> **About this exercise**
Tally how many lines in the data below include "close", then please reply with only that figure.

[Stored items]
══════════
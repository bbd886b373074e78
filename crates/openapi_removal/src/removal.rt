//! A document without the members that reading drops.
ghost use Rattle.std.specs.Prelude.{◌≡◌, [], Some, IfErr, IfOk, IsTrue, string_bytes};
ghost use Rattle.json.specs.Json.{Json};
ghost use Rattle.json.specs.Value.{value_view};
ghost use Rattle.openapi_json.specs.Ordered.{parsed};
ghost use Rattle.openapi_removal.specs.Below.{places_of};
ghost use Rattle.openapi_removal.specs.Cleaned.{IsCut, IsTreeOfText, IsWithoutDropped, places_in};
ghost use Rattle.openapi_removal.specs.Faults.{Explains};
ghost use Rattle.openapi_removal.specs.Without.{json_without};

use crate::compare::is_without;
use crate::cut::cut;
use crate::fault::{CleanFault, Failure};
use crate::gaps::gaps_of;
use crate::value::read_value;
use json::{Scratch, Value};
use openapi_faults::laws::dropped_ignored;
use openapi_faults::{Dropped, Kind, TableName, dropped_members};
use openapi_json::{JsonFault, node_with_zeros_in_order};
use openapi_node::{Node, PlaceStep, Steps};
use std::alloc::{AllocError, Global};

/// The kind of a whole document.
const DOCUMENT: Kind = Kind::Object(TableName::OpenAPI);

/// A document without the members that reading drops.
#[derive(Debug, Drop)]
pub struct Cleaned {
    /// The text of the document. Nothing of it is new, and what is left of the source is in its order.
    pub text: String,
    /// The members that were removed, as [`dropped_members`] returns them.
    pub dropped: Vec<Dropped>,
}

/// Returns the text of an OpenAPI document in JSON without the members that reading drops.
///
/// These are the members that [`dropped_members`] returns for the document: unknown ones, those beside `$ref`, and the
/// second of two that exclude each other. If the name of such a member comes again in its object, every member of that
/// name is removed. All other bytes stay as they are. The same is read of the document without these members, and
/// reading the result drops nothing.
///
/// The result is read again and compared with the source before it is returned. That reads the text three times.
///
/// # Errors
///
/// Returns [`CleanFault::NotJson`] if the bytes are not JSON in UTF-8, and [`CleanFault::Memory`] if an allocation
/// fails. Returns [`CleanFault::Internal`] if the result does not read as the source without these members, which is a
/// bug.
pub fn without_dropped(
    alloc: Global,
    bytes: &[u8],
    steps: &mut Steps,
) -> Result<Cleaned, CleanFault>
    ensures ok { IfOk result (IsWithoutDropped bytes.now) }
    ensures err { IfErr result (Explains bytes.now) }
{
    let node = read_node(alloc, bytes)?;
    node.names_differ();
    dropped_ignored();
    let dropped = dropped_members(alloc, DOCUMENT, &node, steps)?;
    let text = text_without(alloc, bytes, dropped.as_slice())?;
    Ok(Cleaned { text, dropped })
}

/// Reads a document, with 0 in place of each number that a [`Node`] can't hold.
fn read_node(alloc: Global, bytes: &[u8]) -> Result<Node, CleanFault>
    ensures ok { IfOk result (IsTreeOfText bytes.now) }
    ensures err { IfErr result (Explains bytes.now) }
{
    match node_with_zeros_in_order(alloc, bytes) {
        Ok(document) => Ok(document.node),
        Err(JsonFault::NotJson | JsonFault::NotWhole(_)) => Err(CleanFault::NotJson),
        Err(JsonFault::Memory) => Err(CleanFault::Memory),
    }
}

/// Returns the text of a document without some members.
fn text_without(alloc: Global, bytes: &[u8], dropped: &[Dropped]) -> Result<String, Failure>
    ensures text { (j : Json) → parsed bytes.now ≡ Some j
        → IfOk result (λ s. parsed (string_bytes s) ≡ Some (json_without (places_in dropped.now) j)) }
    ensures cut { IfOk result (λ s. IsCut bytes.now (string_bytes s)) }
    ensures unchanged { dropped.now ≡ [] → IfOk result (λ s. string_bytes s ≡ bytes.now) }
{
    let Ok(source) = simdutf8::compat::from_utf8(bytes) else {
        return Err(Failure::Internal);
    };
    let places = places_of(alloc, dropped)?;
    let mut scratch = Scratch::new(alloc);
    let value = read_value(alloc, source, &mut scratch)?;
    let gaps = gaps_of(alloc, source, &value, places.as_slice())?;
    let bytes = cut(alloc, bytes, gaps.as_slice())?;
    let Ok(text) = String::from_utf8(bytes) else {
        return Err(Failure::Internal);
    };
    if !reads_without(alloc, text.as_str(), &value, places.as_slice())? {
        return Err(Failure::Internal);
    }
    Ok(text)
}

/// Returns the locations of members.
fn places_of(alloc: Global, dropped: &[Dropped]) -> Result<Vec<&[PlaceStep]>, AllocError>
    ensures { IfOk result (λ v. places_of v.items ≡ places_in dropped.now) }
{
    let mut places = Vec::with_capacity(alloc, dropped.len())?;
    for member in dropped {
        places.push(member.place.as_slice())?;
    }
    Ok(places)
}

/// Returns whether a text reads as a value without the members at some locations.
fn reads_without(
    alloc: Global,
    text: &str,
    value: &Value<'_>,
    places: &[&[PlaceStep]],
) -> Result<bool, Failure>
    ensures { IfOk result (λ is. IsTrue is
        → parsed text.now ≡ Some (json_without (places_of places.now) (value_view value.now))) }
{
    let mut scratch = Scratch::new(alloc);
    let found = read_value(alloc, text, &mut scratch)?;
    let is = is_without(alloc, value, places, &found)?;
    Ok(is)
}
══════════
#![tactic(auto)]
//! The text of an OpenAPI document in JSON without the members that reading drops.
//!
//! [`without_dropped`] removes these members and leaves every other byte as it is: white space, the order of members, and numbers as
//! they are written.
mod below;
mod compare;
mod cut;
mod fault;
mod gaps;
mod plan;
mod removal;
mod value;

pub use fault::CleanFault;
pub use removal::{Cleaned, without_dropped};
══════════
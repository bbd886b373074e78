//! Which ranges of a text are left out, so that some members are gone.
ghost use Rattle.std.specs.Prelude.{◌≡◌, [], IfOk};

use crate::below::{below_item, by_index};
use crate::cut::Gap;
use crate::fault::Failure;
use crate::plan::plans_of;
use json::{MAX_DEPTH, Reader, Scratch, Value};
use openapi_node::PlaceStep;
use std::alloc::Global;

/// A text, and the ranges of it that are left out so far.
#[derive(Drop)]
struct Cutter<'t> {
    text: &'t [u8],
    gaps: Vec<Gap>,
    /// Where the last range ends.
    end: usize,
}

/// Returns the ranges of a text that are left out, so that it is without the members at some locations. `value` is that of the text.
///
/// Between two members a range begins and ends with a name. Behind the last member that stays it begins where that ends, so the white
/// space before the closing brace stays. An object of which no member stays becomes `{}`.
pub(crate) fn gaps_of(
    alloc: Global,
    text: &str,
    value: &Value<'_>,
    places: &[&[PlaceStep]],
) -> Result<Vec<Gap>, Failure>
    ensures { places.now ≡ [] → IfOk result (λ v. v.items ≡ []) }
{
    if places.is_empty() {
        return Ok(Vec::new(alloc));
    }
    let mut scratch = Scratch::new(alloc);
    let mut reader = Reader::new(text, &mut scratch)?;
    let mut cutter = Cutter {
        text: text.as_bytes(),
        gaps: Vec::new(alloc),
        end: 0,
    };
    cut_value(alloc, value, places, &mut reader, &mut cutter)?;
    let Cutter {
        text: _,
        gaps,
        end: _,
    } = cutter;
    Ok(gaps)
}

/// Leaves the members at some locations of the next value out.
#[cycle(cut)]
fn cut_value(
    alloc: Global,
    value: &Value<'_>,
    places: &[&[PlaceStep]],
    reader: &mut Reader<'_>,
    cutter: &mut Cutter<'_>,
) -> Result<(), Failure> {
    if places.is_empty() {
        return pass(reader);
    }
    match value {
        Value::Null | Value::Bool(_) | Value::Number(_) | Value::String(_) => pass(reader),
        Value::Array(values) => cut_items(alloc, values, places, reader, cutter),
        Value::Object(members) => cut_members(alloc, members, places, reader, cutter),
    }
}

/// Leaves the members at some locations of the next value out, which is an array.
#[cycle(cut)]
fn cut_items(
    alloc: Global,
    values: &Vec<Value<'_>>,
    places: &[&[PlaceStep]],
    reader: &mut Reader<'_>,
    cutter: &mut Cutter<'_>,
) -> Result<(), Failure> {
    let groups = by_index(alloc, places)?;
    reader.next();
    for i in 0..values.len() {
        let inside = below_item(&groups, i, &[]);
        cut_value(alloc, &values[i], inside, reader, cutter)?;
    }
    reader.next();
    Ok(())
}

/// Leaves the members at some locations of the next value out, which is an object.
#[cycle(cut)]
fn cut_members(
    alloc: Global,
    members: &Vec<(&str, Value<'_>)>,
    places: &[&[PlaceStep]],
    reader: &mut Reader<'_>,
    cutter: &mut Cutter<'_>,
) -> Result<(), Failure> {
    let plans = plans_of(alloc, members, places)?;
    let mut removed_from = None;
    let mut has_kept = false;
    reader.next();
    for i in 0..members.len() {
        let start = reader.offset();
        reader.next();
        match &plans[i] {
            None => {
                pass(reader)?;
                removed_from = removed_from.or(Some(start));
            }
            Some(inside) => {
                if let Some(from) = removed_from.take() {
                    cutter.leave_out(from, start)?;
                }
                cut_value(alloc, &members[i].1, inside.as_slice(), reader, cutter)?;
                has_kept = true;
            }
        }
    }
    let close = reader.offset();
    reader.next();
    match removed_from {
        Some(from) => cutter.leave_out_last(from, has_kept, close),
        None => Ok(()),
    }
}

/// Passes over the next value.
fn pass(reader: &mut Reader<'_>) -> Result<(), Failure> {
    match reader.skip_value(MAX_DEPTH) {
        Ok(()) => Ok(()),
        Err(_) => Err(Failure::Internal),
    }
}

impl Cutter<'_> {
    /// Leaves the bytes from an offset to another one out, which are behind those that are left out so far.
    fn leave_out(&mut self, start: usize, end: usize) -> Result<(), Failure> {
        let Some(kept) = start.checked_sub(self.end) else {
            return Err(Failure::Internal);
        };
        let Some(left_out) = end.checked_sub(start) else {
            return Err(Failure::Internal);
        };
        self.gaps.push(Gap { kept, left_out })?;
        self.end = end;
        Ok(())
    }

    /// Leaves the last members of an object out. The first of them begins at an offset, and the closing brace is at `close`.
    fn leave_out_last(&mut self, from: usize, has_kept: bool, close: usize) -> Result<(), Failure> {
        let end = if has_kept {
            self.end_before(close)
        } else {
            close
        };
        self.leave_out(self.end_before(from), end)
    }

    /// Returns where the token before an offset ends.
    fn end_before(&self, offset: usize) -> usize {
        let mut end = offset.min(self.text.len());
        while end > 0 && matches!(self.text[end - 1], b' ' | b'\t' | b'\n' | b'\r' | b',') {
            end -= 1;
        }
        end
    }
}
══════════
> **Output for this task**
6